Two or more for a common cyclohexane ring when having two or more
It is preferable to have a structure in which one or more aromatic rings are connected, or to have a structure in which two or more cyclohexane rings are connected to a common aromatic ring.

The following are specifically used, but the present invention is not limited to these. Two or more of these may be added at the same time.

[0029]

[Chemical 2]

[0030]

[Chemical 3]

[0031]

[Chemical 4]

[0032]

[Chemical 5]

[0033]

[Chemical 6]

[0034]

[Chemical 7]

The compound represented by the general formula (1) has a molecular weight of 2
It is preferably from 00 to 2000, and further from 300 to 1
It is preferably 500, and particularly preferably 350 to 1000. Most preferred is 350-500
Is.

1 to 30% by mass of the compound having the structure represented by the general formula (1) is added to the cellulose ester film.
By containing it, it is possible to obtain an effect that even a thin film has good moisture permeability and is excellent in dimensional stability. Further, it is particularly excellent in durability due to high temperature and high humidity or ultraviolet irradiation, and a remarkably excellent effect that it can be used as a protective film for a polarizing plate can be expected.

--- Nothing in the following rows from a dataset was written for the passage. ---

//! Commands and what they leave in force: `put 16 unsigned 20 -> none`, `current -> unsigned 20`.

ghost use Rattle.std.specs.Prelude.{◌≤◌, IfOk};

use priority::Slots;
use sheets::{Counts, Part, Report, Row, Stop, run_text, two_words};
use std::alloc::{AllocError, Global};
use words::parse_number;

/// The slots, each of which holds a value in words of the rows.
type Commanded<'t> = Slots<&'t str>;

/// Runs the rows of a file on sixteen slots, which are empty at its beginning and behind `new`.
pub(crate) fn run<'t>(
    alloc: Global,
    rows: &[Row<'t>],
    report: &mut Report<'_>,
) -> Result<(), AllocError> {
    let mut slots = Slots::new();
    for row in rows {
        report.add(row, run_row(alloc, &mut slots, row))?;
    }
    Ok(())
}

/// Runs a row on the slots.
fn run_row<'t>(alloc: Global, slots: &mut Commanded<'t>, row: &Row<'t>) -> Result<Counts, Stop> {
    match row.wanted {
        Some(wanted) => run_text(answer(alloc, slots, row.asked)?, wanted),
        None if row.asked == "new" => {
            *slots = Slots::new();
            Ok(Counts::none())
        }
        None => Err(Stop::Unread(Part::Asked)),
    }
}

/// What a row answers.
fn answer<'t>(alloc: Global, slots: &mut Commanded<'t>, asked: &'t str) -> Result<String, Stop> {
    let (verb, rest) = two_words(asked);
    match verb {
        "put" => put(alloc, slots, rest),
        "relinquish" => shown(alloc, slots.put(level(rest)?, None)),
        "at" => shown(alloc, slots.at(level(rest)?).copied()),
        "current" => shown(alloc, slots.current().copied()),
        "levels" => Ok(levels(alloc, slots)?),
        _ => Err(Stop::Unread(Part::Asked)),
    }
}

/// What a level held before it is commanded.
fn put<'t>(alloc: Global, slots: &mut Commanded<'t>, words: &'t str) -> Result<String, Stop> {
    let (word, value) = two_words(words);
    shown(alloc, slots.put(level(word)?, Some(value)))
}

/// A level, 1 to 16.
fn level(word: &str) -> Result<u8, Stop>
    ensures { IfOk result (λ level. (1 ≤ level) × (level ≤ 16)) }
{
    let level = parse_number(word)?;
    if level < 1 || 16 < level {
        return Err(Stop::Unread(Part::Number));
    }
    Ok(level)
}

/// What a slot holds.
fn shown(alloc: Global, held: Option<&str>) -> Result<String, Stop> {
    Ok(String::from_str(alloc, held.unwrap_or("none"))?)
}

/// The filled slots, each with its level.
fn levels(alloc: Global, slots: &Commanded<'_>) -> Result<String, AllocError> {
    let mut out = String::new(alloc);
    for level in 1..=16u8 {
        if let Some(value) = slots.at(level) {
            let before = if out.is_empty() { "" } else { ", " };
            write!(out, "{before}{level} {value}")?;
        }
    }
    if out.is_empty() {
        out.push_str("none")?;
    }
    Ok(out)
}
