//! Objects, as `5:1` or `binary-value,1`, and properties or elements of them, as `85` or `present-value`, `87/17`,
//! `priority-array/17` or `priority-array[17]`.

ghost use Rattle.std.specs.Prelude.{◌≡◌, ◌⊎◌, IfOk, IfErr};
ghost use Rattle.words.specs.Says.{Has, HasNo, SaysNamedObject, SaysObject, SaysPropertyNumber, SaysReference, colon};
ghost use Rattle.words.specs.Says.{slash};
ghost use Rattle.words.specs.Unsaid.{NoNamedObject, NoObject, NoPropertyNumber, NoReference};

use crate::octets::{parse_u16, parse_u32};
use crate::parts::cut_at;
use crate::unread::Unread;
use names::{number_in, object_types, properties};
use primitives::PropertyReference;
use tags::ObjectId;

/// The object whose type and instance a word says, as `5:1` or `binary-value,1`. It need not have a spelling.
///
/// # Errors
/// `Object` where there is no colon and no type of that name with an instance behind it, or `Number` where the sides of
/// a colon are not numbers of 16 and 32 bits.
#[tactic(auto, using(crate::proofs::Unsaid::object_laws))]
pub fn parse_object(word: &str) -> Result<ObjectId, Unread>
    ensures read { IfOk result (SaysObject word.now) }
    ensures refused { IfErr result (λ e. NoObject word.now) }
    ensures cause { IfErr result (λ e. (HasNo colon word.now × (e ≡ Unread.Object)) ⊎
        (Has colon word.now × (e ≡ Unread.Number))) }
{
    let Some((object_type, instance)) = cut_at(word, ':') else {
        return named_object(word);
    };
    Ok(ObjectId {
        object_type: parse_u16(object_type)?,
        instance: parse_u32(instance)?,
    })
}

/// The object that a word says by the name of its type, as `binary-value,1`.
#[tactic(auto, using(crate::proofs::Unsaid::named_laws))]
fn named_object(word: &str) -> Result<ObjectId, Unread>
    ensures read { IfOk result (SaysNamedObject word.now) }
    ensures refused { IfErr result (λ e. (e ≡ Unread.Object) × NoNamedObject word.now) }
{
    let Some((name, instance)) = cut_at(word, ',') else {
        return Err(Unread::Object);
    };
    let Some(number) = number_in(object_types(), name) else {
        return Err(Unread::Object);
    };
    let Ok(object_type) = u16::try_from(number) else {
        return Err(Unread::Object);
    };
    let Ok(instance) = parse_u32(instance) else {
        return Err(Unread::Object);
    };
    Ok(ObjectId {
        object_type,
        instance,
    })
}

/// The property or element of one that a word says, as `85`, `present-value`, `87/17` or `priority-array[17]`.
///
/// # Errors
/// `Number` where its parts are not numbers of 32 bits, and the first no name of a property.
#[tactic(auto, using(crate::proofs::Unsaid::property_laws))]
pub fn parse_reference(word: &str) -> Result<PropertyReference, Unread>
    ensures read { IfOk result (SaysReference word.now) }
    ensures refused { IfErr result (λ e. (e ≡ Unread.Number) × NoReference word.now) }
{
    match cut_at(word, '/') {
        Some((property, index)) => Ok(PropertyReference {
            property: property_number(property)?,
            index: Some(parse_u32(index)?),
        }),
        None => parse_whole(word),
    }
}

/// The property that a word without a slash says, or the element of one in brackets.
#[tactic(auto, using(crate::proofs::Unsaid::bracket_laws))]
fn parse_whole(word: &str) -> Result<PropertyReference, Unread>
    ensures read { IfOk result (λ r. HasNo slash word.now → SaysReference word.now r) }
    ensures refused { IfErr result (λ e. (e ≡ Unread.Number) × (HasNo slash word.now → NoReference word.now)) }
{
    let Some((property, rest)) = cut_at(word, '[') else {
        return Ok(PropertyReference {
            property: property_number(word)?,
            index: None,
        });
    };
    let Some((index, "")) = cut_at(rest, ']') else {
        return Err(Unread::Number);
    };
    Ok(PropertyReference {
        property: property_number(property)?,
        index: Some(parse_u32(index)?),
    })
}

/// The number of a property, which a word says by that or by its name.
#[tactic(auto, using(crate::proofs::Unsaid::number_laws))]
fn property_number(word: &str) -> Result<u32, Unread>
    ensures read { IfOk result (SaysPropertyNumber word.now) }
    ensures refused { IfErr result (λ e. (e ≡ Unread.Number) × NoPropertyNumber word.now) }
{
    match number_in(properties(), word) {
        Some(property) => Ok(property),
        None => parse_u32(word),
    }
}
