//! Whether two replies, or two of what they are made of, are one.

ghost use Rattle.std.specs.Prelude.{◌≡◌, ◌↔◌, IsTrue};

use primitives::{ErrorClass, ErrorCode, ObjectResults, PropertyResult, Reply, Values};
use std::alloc::Allocator;
use tags::Value;

/// What can be told to be one with another.
pub(crate) trait Same {
    ghost use Rattle.std.specs.Prelude.{◌≡◌, ◌↔◌, IsTrue};

    /// Whether they are one.
    fn is_same(&self, other: &Self) -> bool
        ensures { IsTrue result ↔ (self.now ≡ other.now) };
}

/// Whether two lists are one.
#[tactic(auto, using(crate::proofs::SameLaws::list_laws))]
pub(crate) fn are_same<T: Same>(left: &[T], right: &[T]) -> bool
    ensures { IsTrue result ↔ (left.now ≡ right.now) }
{
    let mut these = left;
    let mut those = right;
    while let [first, rest @ ..] = these {
        let [other, others @ ..] = those else {
            return false;
        };
        if !first.is_same(other) {
            return false;
        }
        these = rest;
        those = others;
    }
    those.is_empty()
}

impl Same for u8 {
    fn is_same(&self, other: &u8) -> bool {
        *self == *other
    }
}

impl<A: Allocator> Same for Value<A> {
    fn is_same(&self, other: &Self) -> bool {
        match (self, other) {
            (Value::Null, Value::Null) => true,
            (Value::Bool(a), Value::Bool(b)) => *a == *b,
            (Value::Unsigned(a), Value::Unsigned(b)) => *a == *b,
            (Value::Signed(a), Value::Signed(b)) => *a == *b,
            (Value::Enum(a), Value::Enum(b)) => *a == *b,
            (Value::Object(a), Value::Object(b)) => *a == *b,
            (Value::Built(a), Value::Built(b)) => are_same(a.as_slice(), b.as_slice()),
            (Value::Text { set: a, octets: x }, Value::Text { set: b, octets: y }) => {
                *a == *b && are_same(x.as_slice(), y.as_slice())
            }
            (
                Value::Bits {
                    unused: a,
                    octets: x,
                },
                Value::Bits {
                    unused: b,
                    octets: y,
                },
            ) => *a == *b && are_same(x.as_slice(), y.as_slice()),
            (Value::Other { tag: a, octets: x }, Value::Other { tag: b, octets: y }) => {
                *a == *b && are_same(x.as_slice(), y.as_slice())
            }
            (
                Value::Null
                | Value::Bool(_)
                | Value::Unsigned(_)
                | Value::Signed(_)
                | Value::Enum(_)
                | Value::Object(_)
                | Value::Built(_)
                | Value::Text { .. }
                | Value::Bits { .. }
                | Value::Other { .. },
                _,
            ) => false,
        }
    }
}

impl<A: Allocator> Same for Reply<A> {
    fn is_same(&self, other: &Self) -> bool {
        match (self, other) {
            (Reply::Values(a), Reply::Values(b)) => are_same(a.as_slice(), b.as_slice()),
            (Reply::Many(a), Reply::Many(b)) => are_same(a.as_slice(), b.as_slice()),
            (Reply::Done, Reply::Done) => true,
            (Reply::Error(c, d), Reply::Error(e, f)) => {
                is_same_class(*c, *e) && is_same_code(*d, *f)
            }
            (
                Reply::ErrorAt {
                    class: c,
                    code: d,
                    object: o,
                    property: p,
                    index: i,
                },
                Reply::ErrorAt {
                    class: e,
                    code: f,
                    object: q,
                    property: r,
                    index: j,
                },
            ) => {
                is_same_class(*c, *e)
                    && is_same_code(*d, *f)
                    && *o == *q
                    && *p == *r
                    && is_same_index(*i, *j)
            }
            (
                Reply::Values(_)
                | Reply::Many(_)
                | Reply::Done
                | Reply::Error(..)
                | Reply::ErrorAt { .. },
                _,
            ) => false,
        }
    }
}

impl<A: Allocator> Same for ObjectResults<A> {
    #[tactic(auto, using(crate::proofs::SameLaws::object_laws))]
    fn is_same(&self, other: &Self) -> bool {
        self.object == other.object && are_same(self.results.as_slice(), other.results.as_slice())
    }
}

impl<A: Allocator> Same for PropertyResult<A> {
    #[tactic(auto, using(crate::proofs::SameLaws::result_laws))]
    fn is_same(&self, other: &Self) -> bool {
        self.property == other.property
            && is_same_index(self.index, other.index)
            && is_same_result(&self.result, &other.result)
    }
}

/// Whether two results of a property are one.
fn is_same_result<A: Allocator>(
    left: &Result<Values<A>, (ErrorClass, ErrorCode)>,
    right: &Result<Values<A>, (ErrorClass, ErrorCode)>,
) -> bool
    ensures { IsTrue result ↔ (left.now ≡ right.now) }
{
    match (left, right) {
        (Ok(a), Ok(b)) => are_same(a.as_slice(), b.as_slice()),
        (Err((c, d)), Err((e, f))) => is_same_class(*c, *e) && is_same_code(*d, *f),
        (Ok(_), Err(_)) | (Err(_), Ok(_)) => false,
    }
}

/// Whether two indices are one.
fn is_same_index(left: Option<u32>, right: Option<u32>) -> bool
    ensures { IsTrue result ↔ (left ≡ right) }
{
    match (left, right) {
        (None, None) => true,
        (Some(a), Some(b)) => a == b,
        (None, Some(_)) | (Some(_), None) => false,
    }
}

/// Whether two error classes are one.
fn is_same_class(left: ErrorClass, right: ErrorClass) -> bool
    ensures { IsTrue result ↔ (left ≡ right) }
{
    left == right
}

/// Whether two error codes are one.
fn is_same_code(left: ErrorCode, right: ErrorCode) -> bool
    ensures { IsTrue result ↔ (left ≡ right) }
{
    left == right
}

These may be commercially available products or can be synthesized by a known method such as an esterification reaction.

The preferred film forming process used in the method for producing a cellulose ester film of the present invention comprises the following dissolving process, casting process, solvent evaporation process, peeling process, drying process and winding process. Each step will be described below. << Dissolution Step >> In the present invention, the cellulose ester solution is referred to as a cellulose ester dope or simply dope. The dissolution step is a step of dissolving the flakes of the cellulose ester in an organic solvent mainly composed of a good solvent described later in a dissolution vessel while stirring the flakes to form a dope.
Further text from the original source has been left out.